Q: But that’s just experience, right?

A: Yeah, that’s experience really, because you have to remember, when I started I got a record deal. I was 24, it was 1975, and I wasn’t one of these guys who was playing endlessly in different bands in clubs. That wasn’t me. You know, this mythology about me being some pub rocker is entirely wrong. I was at home. I mean, I’d traveled around in Morocco and done the whole hippie thing and all that, but that’s what I was, a hippie, laying around doing very little. And I came back to my parents in my early 20s and said, Okay, the next time I travel I’m going to get paid for it. And I started writing and writing hundreds of songs until I came up with good ones. And though I had a little band when I was 13 and one when I was 15, we weren’t serious. I mean, I couldn’t even play properly. I mean, I’m a very slow study. It took me a while, so I didn’t have this experience at playing live. I just had no idea. I had never seen a monitor system until I walked on the stage with this incredible band The Rumour behind me. So I’m still learning, but maybe that’s a good thing.

Q: Otherwise it gets boring.

A: Yeah, I could’ve learned my craft and been finished after five albums. It’d be like, Okay, that’s it. Where am I going now? But I’m still going places with it, you know.

Q: Since you mentioned The Rumour, let me ask a larger, broader question. I’m looking at these press notes and it says you and The Rumour have two albums in the Rolling Stone Top 100, but I’m not finding that. I’m finding Squeezing Out Sparks at 335.
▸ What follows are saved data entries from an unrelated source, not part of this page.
#![tactic(auto)]
//! The host's calls on owners and on TVMs, over shared words and ground. Each is a public function that reads as its rule: the
//! checks in their order, then the stores. [`Covh`] answers every call by these functions.
//!
//! Whatever state words and ground stand for, a call is answered as the definition's rule says in that state, its first check
//! that fails first, and they stand for the state after it; its stores are lawful, and a refused call changes nothing: the
//! clause `called` of each call. It stands on the relation and the laws of `cove_tvm`.

mod checks;
mod counts;
mod covh;
mod creation;
mod destruction;
mod fences;
mod finalization;
mod frames;
mod guest_pages;
mod info;
mod lives;
mod mapping;
mod measured_pages;
mod owners;
mod pages;
mod regions;
mod releasing;
mod runs;
mod shared_pages;
mod table_pages;
mod vcpu_creation;
mod zero_pages;

pub use covh::Covh;
pub use creation::create_tvm;
pub use destruction::destroy_tvm;
pub use fences::{global_fence, local_fence};
pub use finalization::finalize_tvm;
pub use info::get_tsm_info;
pub use measured_pages::add_measured_pages;
pub use owners::{convert_pages, reclaim_pages};
pub use regions::add_memory_region;
pub use shared_pages::add_shared_pages;
pub use table_pages::add_page_table_pages;
pub use vcpu_creation::create_vcpu;
pub use zero_pages::add_zero_pages;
A: That’s right. What happened was back in the 80s – and I found a copy of it the other day in my attic – Rolling Stone had the 100 best records of the last 20 years. And that was out in the 80s, and they had Squeezing Out Sparks and Howlin' Wind.
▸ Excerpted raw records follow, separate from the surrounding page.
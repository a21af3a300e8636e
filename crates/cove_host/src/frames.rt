//! Frames that are filled before their pages are given away.
//!
//! No store shows this order, so the functions that give have it as their condition, and take the memory for it alone.

ghost use Rattle.std.specs.Prelude.{◌≡◌, ◌+◌, ◌/◌, ◌≤◌, ◌<◌, ◌⊎◌, ◌^◌, [], length, slice_index_or};
ghost use Rattle.cove_base.specs.PageWords.{given};
ghost use Rattle.cove_base.specs.Places.{page_word};
ghost use Rattle.cove_base.specs.Stores.{AllAllowed, fills, stored};
ghost use Rattle.cove_base.specs.declared.limits.TheConstants.{PAGE_LIMIT, TVM_LIMIT};
ghost use Rattle.cove_base.specs.declared.numbers.Role.TheVariants.{Data};
ghost use Rattle.cove_host.specs.Zeros.{AreCopies, AreZeros};
ghost use Rattle.cove_model.specs.Owners.{zeros};
ghost use Rattle.cove_tvm.specs.PrivateRuns.{FillsFrames};

use crate::pages::give;
use cove_base::{Page, Role, TvmId, Words};
use cove_mem::Memory;

/// Fills the `n` pages from `first` on with zeros.
pub(crate) fn zero_all(memory: &mut Memory, first: Page, n: u32)
    requires inside { first.0 + n ≤ length memory.old }
    requires limit { first.0 + n < 2 ^ 32 }
    ensures { FillsFrames first.0 n (λ j. zeros) memory.old memory.new }
{
    for i in 0..n {
        memory.zero(Page(first.0 + i));
    }
}

/// Copies the `n` pages from `from` on to those from `to` on; the two runs have no page in common.
pub(crate) fn copy_all(memory: &mut Memory, from: Page, to: Page, n: u32)
    requires from { from.0 + n ≤ length memory.old }
    requires to { to.0 + n ≤ length memory.old }
    requires limit { length memory.old < 2 ^ 32 }
    requires apart { (from.0 + n ≤ to.0) ⊎ (to.0 + n ≤ from.0) }
    ensures { FillsFrames to.0 n (λ j. slice_index_or memory.old (from.0 + j) []) memory.old memory.new }
{
    for i in 0..n {
        memory.copy(Page(from.0 + i), Page(to.0 + i));
    }
}

/// Gives the `n` pages from the byte address `base` on to a TVM as memory, once they are zeros.
pub(crate) fn give_zeros<W: Words>(w: &mut W, memory: &Memory, base: u64, n: u64, t: TvmId)
    requires filled { AreZeros memory.now (base / 4096) n }
    requires places { base / 4096 + n ≤ length (W.words w.old) }
    requires limit { base / 4096 + n ≤ PAGE_LIMIT }
    requires low { 1 ≤ t.0 }
    requires high { t.0 ≤ TVM_LIMIT }
    requires allowed { AllAllowed (W.allows (W.guard w.old)) (W.words w.old) (fills (page_word (base / 4096)) n (given t.0 Data)) }
    ensures words { W.words w.new ≡ stored (W.words w.old) (fills (page_word (base / 4096)) n (given t.0 Data)) }
    ensures guard { W.guard w.new ≡ W.guard w.old }
{
    give(w, base, n, t, Role::Data);
}

/// Gives the `n` pages from the byte address `base` on to a TVM as memory, once they are copies of those from `src` on.
pub(crate) fn give_copies<W: Words>(
    w: &mut W,
    memory: &Memory,
    src: u64,
    base: u64,
    n: u64,
    t: TvmId,
)
    requires filled { AreCopies memory.now (src / 4096) (base / 4096) n }
    requires places { base / 4096 + n ≤ length (W.words w.old) }
    requires limit { base / 4096 + n ≤ PAGE_LIMIT }
    requires low { 1 ≤ t.0 }
    requires high { t.0 ≤ TVM_LIMIT }
    requires allowed { AllAllowed (W.allows (W.guard w.old)) (W.words w.old) (fills (page_word (base / 4096)) n (given t.0 Data)) }
    ensures words { W.words w.new ≡ stored (W.words w.old) (fills (page_word (base / 4096)) n (given t.0 Data)) }
    ensures guard { W.guard w.new ≡ W.guard w.old }
{
    give(w, base, n, t, Role::Data);
}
Q: Because Howlin' Wind is what’s missing here.

A: Yeah, that’s right. So now that it’s gone to the 500, Howlin' Wind’s disappeared somewhere in the shuffle.
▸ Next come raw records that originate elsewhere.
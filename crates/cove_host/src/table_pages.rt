//! More table pages for TVMs.

ghost use Rattle.std.specs.Prelude.{◌≡◌, ◌+◌, ◌/◌, ◌^◌, ◌<◌, ◌≤◌, ◌++◌, ℕ, OnOk, Some, length};
ghost use Rattle.std.specs.List.{range_with_len};
ghost use Rattle.cove_base.specs.Unchanged.{Unchanged};
ghost use Rattle.cove_base.specs.declared.calls.HostCall.TheVariants.{Tables};
ghost use Rattle.cove_tvm.specs.Called.{Called, IsReady};
ghost use Rattle.cove_host.specs.Checked.{all_checked};
ghost use Rattle.cove_host.specs.FoundTvms.{ChangesTvm};
ghost use Rattle.cove_model.specs.HostCalls.{rule};
ghost use Rattle.cove_model.specs.LawfulStores.{AllowsLawful};
ghost use Rattle.cove_model.specs.States.{State};
ghost use Rattle.cove_tvm.specs.MoreTables.{AddsTables};
ghost use Rattle.cove_tvm.specs.Stands.{Stands};
ghost use Rattle.cove_tvm.specs.TvmTables.{live_at};
ghost use Rattle.cove_tvm.specs.declared.machines.Tvm.{Tvm};

use crate::checks::{DONE, aligned, free, inside};
use crate::lives::live;
use crate::pages::{give, page_of};
use crate::runs::counted;
use cove_base::{HartId, Page, Reply, Role, TvmId, Words};
use cove_stage2::Pool;
use cove_tvm::{Ground, Tvm};

/// Gives a TVM `n` more pages for tables, from the byte address `base` on.
pub fn add_page_table_pages<W: Words>(
    w: &mut W,
    g: &mut Ground,
    h: HartId,
    t: u64,
    base: u64,
    n: u64,
) -> Reply
    requires ready { IsReady (W.words w.old) g.old }
    requires on_board { h.0 < g.old.harts }
    requires allowed { AllowsLawful (W.allows (W.guard w.old)) g.old.pages g.old.harts h.0 (W.words w.old) }
    ensures called { Called h.0 (λ S. rule S h.0 (Tables t base n)) (W.words w.old) (W.words w.new) g.old g.new result }
    ensures guard { W.guard w.new ≡ W.guard w.old }
{
    match addable(w, g, t, base, n) {
        Err(reply) => reply,
        Ok(()) => {
            give(w, base, n, TvmId(t as u32), Role::Table);
            add(g, t, base, n as u32);
            DONE
        }
    }
}

// The checks of the call, in the order of its rule.
fn addable<W: Words>(w: &mut W, g: &Ground, t: u64, base: u64, n: u64) -> Result<(), Reply>
    requires ready { IsReady (W.words w.old) g.now }
    ensures told { (hart : ℕ) (S : State) → Stands (W.words w.old) g.now S
        → result ≡ all_checked (rule S hart (Tables t base n)).checks }
    ensures count { OnOk result (n ≤ 16) }
    ensures unchanged { Unchanged W.words W.clean W.guard w.old w.new }
{
    live(g, t)?;
    counted(n)?;
    aligned(base)?;
    inside(g, base, n)?;
    free(w, g, base, n)
}

// Adds pages to the pool of the live TVM `t`.
fn add(g: &mut Ground, t: u64, base: u64, n: u32)
    requires room { (tvm : Tvm) → live_at g.old.tvms t ≡ Some tvm → length tvm.pool.pages + n ≤ tvm.pool.room }
    requires fits { base / 4096 + n < 2 ^ 32 }
    ensures { ChangesTvm t (AddsTables base n) g.old g.new }
{
    if let Some(tvm) = g.tvms.live_mut(t) {
        add_to(tvm, base, n);
    }
}

// Adds pages to the pool of a TVM.
fn add_to(tvm: &mut Tvm, base: u64, n: u32)
    requires room { length tvm.old.pool.pages + n ≤ tvm.old.pool.room }
    requires fits { base / 4096 + n < 2 ^ 32 }
    ensures { AddsTables base n tvm.old tvm.new }
{
    add_all(&mut tvm.pool, page_of(base), n);
}

// Adds pages that follow each other to a pool.
fn add_all(pool: &mut Pool, first: Page, n: u32)
    requires room { length pool.old.pages + n ≤ pool.old.room }
    requires fits { first.0 + n < 2 ^ 32 }
    ensures pages { pool.new.pages ≡ pool.old.pages ++ range_with_len first.0 n }
    ensures room { pool.new.room ≡ pool.old.room }
{
    for i in 0..n {
        pool.add(Page(first.0 + i));
    }
}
Q: It obviously doesn’t hurt sales any to be on such a critical favorite list. I’m not saying it makes you a millionaire, but any attention’s got to help sales.

A: It means it just goes on and on and on. You don’t really get forgotten. It may be peripheral, but that always keeps the profile there, doesn’t it.

Q: Does it mean anything other than the keeping your profile up? Is it special to you to have one of your albums selected as one of the top 500 albums in history of rock?

A: It’s better than nothing. I think it meant more when it was the top 100 of the last 20 years because there were two albums in there. And Sparks was fairly high up there, like 40-something or other. And Howlin' Wind was in the 50s. I mean, that really meant something.

Q: Is Sparks even your best album?

A: Uh, it’d be hard to top it, let’s put it that way. It’s very special. If people want to think that, that’s great. You know, I’m not going to argue with it. It is a pretty special record.

Q: Let me ask you one last big question – who’s the greatest songwriter alive?

A: (much laughter) Well, you know, I don’t think anyone is completely and utterly that great that I would put them in that bag. A few years ago I’d say one of my favorites, and definitely one of the best was and still is Lucinda Williams. A friend of mine who played on the Your Country album, Tom Freund, who’s pretty much ignored everywhere, I’ve often said he’s the best songwriter operating now. You know, I think he’s absolutely great but that doesn’t always mean anything these days. You know, I mean, people always say, Your career’s been dulled by record companies, but I always tell them, I’m pretty lucky because I had three major album deals in a row. That’s four albums and four albums and four albums, and you don’t get that now unless you sell pretty big straight off the bat, you know what I’m saying?

Q: Rock and roll isn’t known for its longevity.

A: Yeah, I know. You could be the greatest writer operating now and remain on an indie label or be selling them on the Web on your own site, you know. It’s a different world in that respect.